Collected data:
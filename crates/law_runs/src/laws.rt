//! Laws of runs so far, as calls that do nothing and promise them.

ghost use Rattle.std.specs.Prelude.{◌≡◌, ◌++◌, List, []};
ghost use Rattle.aft_model.specs.Stages.{KeepsStages, RetiresUnheld};
ghost use Rattle.aft_lines.specs.Asked.{Asked, Ran};
ghost use Rattle.aft_lines.specs.LegalTrace.{LegalTrace};
ghost use Rattle.aft_lines.specs.RunsSoFar.{RunsSoFar};
ghost use Rattle.aft_lines.specs.Steps.{Made};
ghost use Rattle.law_claims.specs.Moments.{MayCome, scene_of};
ghost use Rattle.law_claims.specs.Scenes.{AreLegal, Keeps};
ghost use Rattle.law_runs.specs.Runs.{asking_of, run_steps};

/// Each step of a run so far, but for those of the office, is made and comes by its rule behind those before it; and so are
/// those of a legal trace.
pub fn runs_come()
    ensures so_far { (asked : Asked) (ran : Ran) → RunsSoFar asked ran → MayCome (asking_of asked ran) asked.settings.cache [] (run_steps ran) }
    ensures legal { (asked : Asked) (ran : Ran) → LegalTrace asked ran → MayCome (asking_of asked ran) asked.settings.cache [] (run_steps ran) }
{}

/// And at each of its moments a run so far, and a legal trace, keeps all that a moment keeps of attempts and claims.
pub fn runs_keep()
    ensures so_far { (asked : Asked) (ran : Ran) (made rest : List Made) → RunsSoFar asked ran → run_steps ran ≡ made ++ rest → Keeps (scene_of (asking_of asked ran) made) × AreLegal asked.settings.cache (scene_of (asking_of asked ran) made) }
    ensures legal { (asked : Asked) (ran : Ran) (made rest : List Made) → LegalTrace asked ran → run_steps ran ≡ made ++ rest → Keeps (scene_of (asking_of asked ran) made) × AreLegal asked.settings.cache (scene_of (asking_of asked ran) made) }
{}

/// In a run so far, and in a legal trace, each put at the door, and each delete of a marker, is made in its stage.
pub fn runs_keep_stages()
    ensures so_far { (asked : Asked) (ran : Ran) → RunsSoFar asked ran → KeepsStages ran.trace.door }
    ensures legal { (asked : Asked) (ran : Ran) → LegalTrace asked ran → KeepsStages ran.trace.door }
{}

/// In a run so far, and in a legal trace, no commit is retired under an incarnation of a node that is about to record it: for
/// each that holds its UUID, at some time before a commit of the id was committed, and it had put no record of the id under
/// its claim.
pub fn runs_retire_unheld()
    ensures so_far { (asked : Asked) (ran : Ran) → RunsSoFar asked ran → RetiresUnheld ran.trace.door }
    ensures legal { (asked : Asked) (ran : Ran) → LegalTrace asked ran → RetiresUnheld ran.trace.door }
{}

The problem:
Counting the line that contains "the id under" as the first, copy exactly every line through the end of the records, and nothing else.

Solved problem:
/// each that holds its UUID, at some time before a commit of the id was committed, and it had put no record of the id under
/// its claim.
pub fn runs_retire_unheld()
    ensures so_far { (asked : Asked) (ran : Ran) → RunsSoFar asked ran → RetiresUnheld ran.trace.door }
    ensures legal { (asked : Asked) (ran : Ran) → LegalTrace asked ran → RetiresUnheld ran.trace.door }
{}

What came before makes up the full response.